What you will do: Could you please find each line in the records that contains the word "numberx" and copy it?
-=-=-
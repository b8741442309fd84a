//! Rows that calls on one forwarding leave.
use super::forwardings::{
    EXPLAINED, SUCCESS, UNDECIDED, UNEXPLAINED, answered, are_accepted, asks, delete, ends,
    facility, fresh, insert,
};
use std::alloc::{AllocError, Global};
use std::test::Fail;
use tatp_calls::Call;
use tatp_history::{Event, Outcome};
use tatp_homes::Home;
use tatp_linearization::{Explanations, Standing};

/// Whether an order that explains the events on a home results in these rows of it, where at most
/// `most` configurations may be kept; `None` where no order explains the events.
pub(super) fn leads_with(
    alloc: Global,
    home: &Home,
    events: &[Event],
    rows: &Home,
    most: usize,
) -> Result<Option<Standing>, AllocError> {
    if events.is_empty() || !are_accepted(events) || home.s_id() != rows.s_id() {
        return Ok(None);
    }
    let mut explanations = Explanations::new(alloc, home, most, true)?;
    match explanations.follow(alloc, events)? {
        Standing::Explained => Ok(Some(explanations.leads_to(alloc, rows)?)),
        _ => Ok(None),
    }
}

/// The same with as many configurations as these tests need.
fn leads(
    alloc: Global,
    home: &Home,
    events: &[Event],
    rows: &Home,
) -> Result<Option<Standing>, AllocError> {
    leads_with(alloc, home, events, rows, 8)
}

/// The home with a forwarding at 8 to this number.
fn with_forwarding(home: &Home, numberx: u64) -> Home {
    let sf_type = facility(home);
    let mut rows = home.copy();
    let _ = rows.insert_cf([1, sf_type, 8, 9, numberx]);
    rows
}

/// An insert of a forwarding at 8 to this number.
fn insert_to(sf_type: u64, numberx: u64) -> Call {
    Call::InsertCallForwarding {
        sub_nbr: 1,
        sf_type,
        start_time: 8,
        end_time: 9,
        numberx,
    }
}

#[test]
fn an_answered_call(rt: HostRuntime) -> Result<(), Fail> {
    let alloc = rt.alloc();
    let home = fresh(alloc)?.expect(&rt, "a home");
    let events = [answered(1, insert(facility(&home)), 2, SUCCESS), ends(1, 2)];
    let there = leads(alloc, &home, &events, &with_forwarding(&home, 7))?;
    let other = leads(alloc, &home, &events, &with_forwarding(&home, 6))?;
    let none = leads(alloc, &home, &events, &home)?;
    assert_eq!(rt; (there, other, none), (EXPLAINED, UNEXPLAINED, UNEXPLAINED));
    Ok(())
}

#[test]
fn calls_of_unknown_outcome(rt: HostRuntime) -> Result<(), Fail> {
    let alloc = rt.alloc();
    let home = fresh(alloc)?.expect(&rt, "a home");
    let sf_type = facility(&home);
    let events = [
        asks(1, delete(sf_type), Outcome::Unknown),
        asks(2, insert_to(sf_type, 5), Outcome::Unknown),
        answered(3, insert(sf_type), 4, SUCCESS),
        ends(3, 4),
    ];
    let never = leads(alloc, &home, &events, &with_forwarding(&home, 7))?;
    let one = leads(alloc, &home, &events, &home)?;
    let both = leads(alloc, &home, &events, &with_forwarding(&home, 5))?;
    let other = leads(alloc, &home, &events, &with_forwarding(&home, 6))?;
    assert_eq!(rt;
        (never, one, both, other),
        (EXPLAINED, EXPLAINED, EXPLAINED, UNEXPLAINED)
    );
    Ok(())
}

#[test]
fn too_many_rows(rt: HostRuntime) -> Result<(), Fail> {
    let alloc = rt.alloc();
    let home = fresh(alloc)?.expect(&rt, "a home");
    let sf_type = facility(&home);
    let events = [
        asks(1, delete(sf_type), Outcome::Unknown),
        asks(2, insert(sf_type), Outcome::Unknown),
    ];
    let other = with_forwarding(&home, 6);
    let one = leads_with(alloc, &home, &events, &other, 1)?;
    let some = leads_with(alloc, &home, &events, &other, 2)?;
    let unmoved = leads_with(alloc, &home, &events, &home, 1)?;
    assert_eq!(rt; (one, some, unmoved), (UNDECIDED, UNEXPLAINED, EXPLAINED));
    Ok(())
}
-=-=-
Answer for the task:
fn with_forwarding(home: &Home, numberx: u64) -> Home {
    let _ = rows.insert_cf([1, sf_type, 8, 9, numberx]);
fn insert_to(sf_type: u64, numberx: u64) -> Call {
        numberx,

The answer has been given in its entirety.